* Extracted material
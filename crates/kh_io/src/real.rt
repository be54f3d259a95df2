//! The host of a process: its standard streams, and four files of the working folder.
ghost use Rattle.std.specs.Prelude.{◌≡◌, ◌<◌, ◌≤◌, length, None, Ok, IfOk, OnOk, OnErr};
ghost use Rattle.kh_io.specs.Told.{Rose};

use crate::{Disk, Failed, Fault, Host};
use std::fs::{self, OpenFile, OpenOptions};
use std::io::{self, ErrorKind, Read, Seek, SeekFrom, Write};
use std::marker::Model;
use std::rt::{Files, Runtime};

/// How often a call that a signal has interrupted is tried.
const TRIES: u32 = 1000;

/// The standard streams of a process, and the files `khepri.s0`, `khepri.l0`, `khepri.s1` and `khepri.l1` of the
/// working folder, which are opened or made at their first use. It tells nothing of what they hold.
#[derive(Drop)]
pub struct RealHost<R: Runtime> {
    rt: R,
    input: R::Reader,
    s0: Option<R::File>,
    l0: Option<R::File>,
    s1: Option<R::File>,
    l1: Option<R::File>,
    /// For each file, whether the folder was synced since the file was first opened. Only then is its name safe, whoever made it.
    named: [bool; 4],
    disk_faults: u64,
    read_faults: u64,
    write_faults: u64,
    /// Whether each call of the disk fails.
    is_shut: bool,
    /// What failed first.
    fault: Option<Fault>,
}

impl<R: Runtime> Model for RealHost<R> {
    ghost use Rattle.kh_io.specs.Told.{Faults};

    ghost Value = { Faults };

    ghost view = { λ h. record { disk = h.disk_faults; reads = h.read_faults; writes = h.write_faults } };
}

impl<R: Runtime> RealHost<R> {
    /// A host over the streams and the working folder of this runtime.
    pub fn new(rt: R) -> RealHost<R>
        ensures { result ≡ record { disk = 0; reads = 0; writes = 0 } }
    {
        let input = rt.reader();
        RealHost {
            rt,
            input,
            s0: None,
            l0: None,
            s1: None,
            l1: None,
            named: [false; 4],
            disk_faults: 0,
            read_faults: 0,
            write_faults: 0,
            is_shut: false,
            fault: None,
        }
    }

    /// From now on each call of the disk fails, for this reason, and touches nothing.
    pub fn shut(&mut self, reason: Fault)
        ensures { self.new ≡ self.old }
    {
        self.is_shut = true;
        self.note(reason);
    }

    /// What failed first, where something did.
    pub fn fault(&self) -> Option<Fault> {
        self.fault
    }

    // Keeps what failed, where nothing failed before.
    fn note(&mut self, fault: Fault)
        ensures { self.new ≡ self.old }
    {
        if self.fault.is_none() {
            self.fault = Some(fault);
        }
    }

    // Takes a file out of the host, opened.
    fn opened(&mut self, file: u8) -> io::Result<R::File>
        requires { file < 4 }
        ensures { self.new ≡ self.old }
    {
        if self.is_shut {
            return Err(io::Error::from(ErrorKind::ResourceBusy));
        }
        let kept = match file {
            0 => self.s0.take(),
            1 => self.l0.take(),
            2 => self.s1.take(),
            _ => self.l1.take(),
        };
        if let Some(opened) = kept {
            return Ok(opened);
        }
        open(&self.rt, name(file))
    }

    // Puts an opened file back.
    fn keep(&mut self, file: u8, opened: R::File)
        ensures { self.new ≡ self.old }
    {
        match file {
            0 => self.s0 = Some(opened),
            1 => self.l0 = Some(opened),
            2 => self.s1 = Some(opened),
            _ => self.l1 = Some(opened),
        }
    }

    // The answer of a call of the disk on a file, with a fault where it failed.
    fn answer<T>(
        &mut self,
        file: u8,
        call: &'static str,
        answer: io::Result<T>,
    ) -> Result<T, Failed>
        ensures ok { OnOk result (self.new ≡ self.old) }
        ensures err { OnErr result (Rose self.old.disk self.new.disk) }
        ensures stands { self.old.disk ≤ self.new.disk }
        ensures reads { self.new.reads ≡ self.old.reads }
        ensures writes { self.new.writes ≡ self.old.writes }
        ensures value { IfOk result (λ v. answer ≡ Ok v) }
    {
        match answer {
            Ok(value) => Ok(value),
            Err(error) => {
                self.note(Fault::of(name(file), call, error));
                self.disk_faults = self.disk_faults.saturating_add(1);
                Err(Failed)
            }
        }
    }

    fn file_len(&mut self, file: u8) -> io::Result<u64>
        requires { file < 4 }
        ensures { self.new ≡ self.old }
    {
        let opened = self.opened(file)?;
        let len = opened.metadata()?.len();
        self.keep(file, opened);
        Ok(len)
    }

    fn read_file(&mut self, file: u8, at: u64, into: &mut [u8]) -> io::Result<usize>
        requires { file < 4 }
        ensures host { self.new ≡ self.old }
        ensures within { IfOk result (λ n. n ≤ length into.new) }
    {
        let mut opened = self.opened(file)?;
        opened.seek(SeekFrom::Start(at))?;
        let count = fill(&mut opened, into)?;
        self.keep(file, opened);
        Ok(count)
    }

    fn write_file(&mut self, file: u8, at: u64, bytes: &[u8]) -> io::Result<()>
        requires { file < 4 }
        ensures { self.new ≡ self.old }
    {
        let mut opened = self.opened(file)?;
        opened.seek(SeekFrom::Start(at))?;
        opened.write_all(bytes)?;
        self.keep(file, opened);
        Ok(())
    }

    fn cut_file(&mut self, file: u8, len: u64) -> io::Result<()>
        requires { file < 4 }
        ensures { self.new ≡ self.old }
    {
        let opened = self.opened(file)?;
        opened.set_len(len)?;
        self.keep(file, opened);
        Ok(())
    }

    fn sync_file(&mut self, file: u8) -> io::Result<()>
        requires { file < 4 }
        ensures { self.new ≡ self.old }
    {
        let opened = self.opened(file)?;
        opened.sync_all()?;
        if !self.named[file as usize] {
            fs::open(&self.rt, ".")?.sync_all()?;
            self.named[file as usize] = true;
        }
        self.keep(file, opened);
        Ok(())
    }
}

// The name of a file.
fn name(file: u8) -> &'static str {
    match file {
        0 => "khepri.s0",
        1 => "khepri.l0",
        2 => "khepri.s1",
        _ => "khepri.l1",
    }
}

// Opens a file, and makes it where it isn't there.
fn open<R: Files>(rt: &R, name: &str) -> io::Result<R::File> {
    let mut options = OpenOptions::new();
    options.read(true).write(true).create(true);
    options.open(rt, name)
}

// Reads once, and again where a signal came between.
fn read_some<I: Read>(input: &mut I, into: &mut [u8]) -> io::Result<usize>
    ensures { IfOk result (λ n. n ≤ length into.new) }
{
    for _ in 0..TRIES {
        match input.read(into) {
            Err(e) if e.kind() == ErrorKind::Interrupted => {}
            answer => return answer,
        }
    }
    Err(io::Error::from(ErrorKind::Interrupted))
}

// Reads until the buffer is full or the input ends.
fn fill<I: Read>(input: &mut I, into: &mut [u8]) -> io::Result<usize>
    ensures { IfOk result (λ n. n ≤ length into.new) }
{
    let mut count = 0;
    while count < into.len() {
        let n = read_some(input, &mut into[count..])?;
        if n == 0 {
            break;
        }
        count += n;
    }
    Ok(count)
}

// Writes once, and again where a signal came between.
fn write_some<W: Write>(output: &mut W, bytes: &[u8]) -> io::Result<usize>
    ensures { IfOk result (λ n. n ≤ length bytes.now) }
{
    for _ in 0..TRIES {
        match output.write(bytes) {
            Err(e) if e.kind() == ErrorKind::Interrupted => {}
            answer => return answer,
        }
    }
    Err(io::Error::from(ErrorKind::Interrupted))
}

impl<R: Runtime> Disk for RealHost<R> {
    ghost use Rattle.kh_io.specs.Laws.{untold_is_left, untold_images};
    ghost use Rattle.kh_io.specs.View.{untold};

    ghost view = { untold };

    ghost seen_is_image = { λ _ _ bytes _ same. untold_is_left bytes same };

    ghost untold_is_not_left = { λ _ _ _ _ _ none. none };

    ghost stamp_counts = { λ _ bytes same. untold_is_left bytes same };

    ghost counts_now = { λ _ _ files _ images. untold_images files images };

    ghost only_now = { λ _ _ _ none. absurd none };

    fn len(&mut self, file: u8) -> Result<u64, Failed> {
        let answer = self.file_len(file);
        self.answer(file, "length", answer)
    }

    fn read_at(&mut self, file: u8, at: u64, into: &mut [u8]) -> Result<usize, Failed> {
        let answer = self.read_file(file, at, into);
        self.answer(file, "read", answer)
    }

    fn write_at(&mut self, file: u8, at: u64, bytes: &[u8]) -> Result<(), Failed> {
        let answer = self.write_file(file, at, bytes);
        self.answer(file, "write", answer)
    }

    fn cut(&mut self, file: u8, len: u64) -> Result<(), Failed> {
        let answer = self.cut_file(file, len);
        self.answer(file, "cut", answer)
    }

    fn sync(&mut self, file: u8) -> Result<(), Failed> {
        let answer = self.sync_file(file);
        self.answer(file, "sync", answer)
    }
}

impl<R: Runtime> Host for RealHost<R> {
    fn take(&mut self, into: &mut [u8]) -> Result<usize, Failed> {
        match read_some(&mut self.input, into) {
            Ok(n) => Ok(n),
            Err(error) => {
                self.note(Fault::of("standard input", "read", error));
                self.read_faults = self.read_faults.saturating_add(1);
                Err(Failed)
            }
        }
    }

    // The writer of a runtime keeps nothing back, so what it took has reached the stream.
    fn give(&mut self, bytes: &[u8]) -> Result<usize, Failed> {
        let taken = write_some(&mut io::writer(&self.rt), bytes);
        let error = match taken {
            Ok(n) if n > 0 || bytes.is_empty() => return Ok(n),
            Ok(_) => io::Error::from(ErrorKind::WriteZero),
            Err(error) => error,
        };
        self.note(Fault::of("standard output", "write", error));
        self.write_faults = self.write_faults.saturating_add(1);
        Err(Failed)
    }
}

* Problem to work on
In the entries above, please find the line with "fn write_at(&mut self, file: u8, at: u64, bytes: &[u8])" and the line with "let taken = write_some(&mut", then write out exactly those two lines and every line between them, and nothing more.

* Solution to the exercise
    fn write_at(&mut self, file: u8, at: u64, bytes: &[u8]) -> Result<(), Failed> {
        let answer = self.write_file(file, at, bytes);
        self.answer(file, "write", answer)
    }

    fn cut(&mut self, file: u8, len: u64) -> Result<(), Failed> {
        let answer = self.cut_file(file, len);
        self.answer(file, "cut", answer)
    }

    fn sync(&mut self, file: u8) -> Result<(), Failed> {
        let answer = self.sync_file(file);
        self.answer(file, "sync", answer)
    }
}

impl<R: Runtime> Host for RealHost<R> {
    fn take(&mut self, into: &mut [u8]) -> Result<usize, Failed> {
        match read_some(&mut self.input, into) {
            Ok(n) => Ok(n),
            Err(error) => {
                self.note(Fault::of("standard input", "read", error));
                self.read_faults = self.read_faults.saturating_add(1);
                Err(Failed)
            }
        }
    }

    // The writer of a runtime keeps nothing back, so what it took has reached the stream.
    fn give(&mut self, bytes: &[u8]) -> Result<usize, Failed> {
        let taken = write_some(&mut io::writer(&self.rt), bytes);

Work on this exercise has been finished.